You may wish to ignore this post.

It's an unstructured reverie that began around the question "What does technology do for us?" with a vague intention of being predictably critical about today's technology. I'm old enough to be comfortable with my own predictability.

I started with this observation.

I wear spectacles, which makes me a "cyborg" by at least one definition. They make the horizon easier to see. But the horizon doesn't change.

And where I thought I was going - perhaps this is obvious - was into a self-conscious little play-around with that idea of the horizon getting clearer but not changing. But I couldn't make it work.

I suppose talking about "technology" is a bit like talking about "transport". My blue Honda Jazz (pre-owned, pre-loved, but we don't talk about past relationships) takes me around, gets me to wherever I need to go, and is an all-round good thing.

At times, my jump leads are better things, and every now and then, the bright red Portable Power Pack Jump Starter that I carry in the boot is the best thing of all.

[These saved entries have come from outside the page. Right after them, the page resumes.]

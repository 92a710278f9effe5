//! Spares that serve two gates, or one gate twice.
ghost use Rattle.std.specs.Prelude.{◌≡◌, ◌+◌, ◌<◌, [], length, replicate, All, IfOk, IfErr, OnOk};
ghost use Rattle.tree_check.specs.Classes.{first, uses_of, spare_uses_in, shared_spares};
ghost use Rattle.tree_check.specs.Examined.{AreParts};
ghost use Rattle.tree_check.specs.Numbered.{numbered_gates};
ghost use Rattle.tree_check.specs.Found.{IsFoundAs};
ghost use Rattle.tree_check.specs.SpareTable.{AreWithin, noted, clashes_with, clashes_by, earlier_uses};
ghost use Rattle.tree_check.specs.SpareTable.{table_with, table_after};

use crate::gates::is_spare_kind;
use crate::numbered::{Numbered, NumberedGate, Parts};
use crate::{CheckCode, CheckFault};
use fault_words::Place;
use std::alloc::{AllocError, Global};

/// How spare gates have used an event so far.
#[derive(Clone, Copy)]
pub(crate) enum EarlierUses {
    Unused,
    /// As a first input alone, however often.
    FirstOnly,
    /// As a later input too.
    Otherwise,
}

impl EarlierUses {
    fn clashes_with(self, is_first: bool) -> bool
        ensures { result ≡ clashes_with self is_first }
    {
        match self {
            EarlierUses::Unused => false,
            EarlierUses::FirstOnly => !is_first,
            EarlierUses::Otherwise => true,
        }
    }

    // With one use more.
    fn noted(self, is_first: bool) -> EarlierUses
        ensures { result ≡ noted self is_first }
    {
        match self {
            EarlierUses::Unused | EarlierUses::FirstOnly if is_first => EarlierUses::FirstOnly,
            _ => EarlierUses::Otherwise,
        }
    }
}

/// The earlier uses of each event, by its number.
#[derive(Drop)]
struct SpareTable {
    uses: Vec<EarlierUses>,
}

impl SpareTable {
    fn new(alloc: Global, nodes: usize) -> Result<SpareTable, AllocError>
        requires { nodes < usize.MAX }
        ensures { IfOk result (λ table. table.uses.items ≡ replicate (nodes + 1) EarlierUses.Unused) }
    {
        Ok(SpareTable {
            uses: vec![in alloc; EarlierUses::Unused; nodes + 1]?,
        })
    }

    // Notes a use; the answer says whether it clashes with an earlier one.
    fn note(&mut self, input: Numbered, is_first: bool) -> bool
        requires { input.number < length self.old.uses.items }
        ensures clash { result ≡ clashes_with (earlier_uses self.old.uses.items input.number) is_first }
        ensures table { self.new.uses.items ≡ table_with self.old.uses.items
            (record { input = input; is_first = is_first }) }
        ensures room { length self.new.uses.items ≡ length self.old.uses.items }
    {
        let earlier = self.uses[input.number];
        self.uses[input.number] = earlier.noted(is_first);
        earlier.clashes_with(is_first)
    }

    // The first clash of the inputs of a spare gate, which are noted up to there.
    fn clash_among(&mut self, inputs: &[Numbered]) -> Option<Place>
        requires { All (λ input. input.number < length self.old.uses.items) inputs.now }
        ensures clash { result ≡ first (clashes_by self.old.uses.items (uses_of inputs.now)) }
        ensures table { result ≡ None → self.new.uses.items ≡ table_after self.old.uses.items (uses_of inputs.now) }
        ensures room { length self.new.uses.items ≡ length self.old.uses.items }
    {
        let mut is_first = true;
        for input in inputs {
            if self.note(*input, is_first) {
                return Some(input.place);
            }
            is_first = false;
        }
        None
    }

    // The first clash at a gate, whose uses are noted up to there.
    fn clash_at(&mut self, gate: &NumberedGate) -> Option<Place>
        requires { All (λ input. input.number < length self.old.uses.items) gate.now.inputs }
        ensures clash { result ≡ first (clashes_by self.old.uses.items (spare_uses_in gate.now)) }
        ensures table { result ≡ None → self.new.uses.items ≡ table_after self.old.uses.items (spare_uses_in gate.now) }
        ensures room { length self.new.uses.items ≡ length self.old.uses.items }
    {
        if is_spare_kind(gate.kind) {
            self.clash_among(gate.inputs.as_slice())
        } else {
            None
        }
    }

    // The first clash at any of the gates, for a table that has no use yet.
    fn shared(&mut self, nodes: usize, gates: &[NumberedGate]) -> Option<Place>
        requires numbers { AreWithin nodes gates.now }
        requires fresh { self.old.uses.items ≡ replicate (nodes + 1) EarlierUses.Unused }
        ensures { result ≡ first (shared_spares gates.now) }
    {
        for gate in gates {
            if let Some(place) = self.clash_at(gate) {
                return Some(place);
            }
        }
        None
    }
}

/// The class of spares that serve two gates, or one gate twice.
pub(crate) fn check_spares(alloc: Global, parts: Parts<'_>) -> Result<(), CheckFault>
    requires { AreParts parts }
    ensures none { OnOk result (shared_spares (numbered_gates parts.entry.statements.now) ≡ []) }
    ensures fault { IfErr result (IsFoundAs CheckCode.SharedSpare
        (shared_spares (numbered_gates parts.entry.statements.now))) }
{
    let nodes = parts.units + parts.gates.len();
    let mut table = SpareTable::new(alloc, nodes)?;
    match table.shared(nodes, parts.gates) {
        Some(place) => Err(CheckFault::Fault(CheckCode::SharedSpare, place)),
        None => Ok(()),
    }
}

I like my little blue car. If only I could remember to switch off the headlights.

But under the heading of "transport", there are also tanks, jet fighters, bombers, crop sprayers, roads scarring the landscape, bicycles swerving out into the traffic, drivers not leaving enough space as they pass bicycles, advertising for car insurance ... ambulances, fire engines, stretch limousines ... what has transport done for us? It's complicated.

Under "technology" ...

I use Google Calendar, and if it's an international call coming up, which it sometimes is, I don't have to worry about time-zone calculations any more.

If we use Google Meet, we can see each other, and that's a little like time travel (no, I've never time-travelled). That's what tonight looks like, I might think. Or perhaps: there's somebody who hasn't yet experienced this morning.

And yes, I think there is a responsibility at both ends to set up an interesting background.

Making a phonecall is just making a phonecall, but video-calling done properly (I don't think it counts as "conferencing" if there are only two of you) offers a slice of another life.

I remember fax machines as a minor miracle - here's a duplicate of a document that still exists somewhere else. And way back further, hearing the voice in my tin can, conveyed by the taut string to the other tin can.

When we got our first toy telephones, we went to great lengths to make sure that we couldn't hear each other except via the telephones. The wires were never long enough, but we did at least achieve real-time bedroom-to-bedroom communication.

The technology I miss most is my Psion Organiser Series 3, which fitted into my inside jacket pocket along with my wallet. A little clamshell thing, screen and keyboard, which I could hold in my hands while typing with my thumbs. I got quite good at that, wrote 10,000 words of an 80,000-word book while standing up on commuter trains.

We're all living much longer and there are more of us, in part thanks to technology. We have the internet and social media, which give us at least the opportunity to debate and discuss and thereby gain wisdom.

Technology goes past too quickly. But it's given us so many visions. A better Psion Organiser. A more stable video-conferencing tool. Fibre-optic cable rather than can-connecting string. An internet of wisdom - which come to think of it was Al Gore's (and others') vision of the Information Superhighway, remember that?

What's the dream, now?

Robots, I suppose. We've had fake news; now we're working on fake people.

But the other thing about technology is that it's all about means. Enabling people to do things, or saving them the trouble of doing them. Working for us rather than alongside us. Not innovating, or inventing, or taking on and doing stuff.

I wonder how different the world would be, if we could just set up a technology around an objective, give it autonomy, and leave it alone to get on with it. Fly me to the moon, algorithm, and let me play among the stars. Or why don't you go yourself? Set up our habitations on Mars, before we even work out how to arrive.

No, wait a second.

Technology's inspired a lot of apocalyptic fiction, hasn't it?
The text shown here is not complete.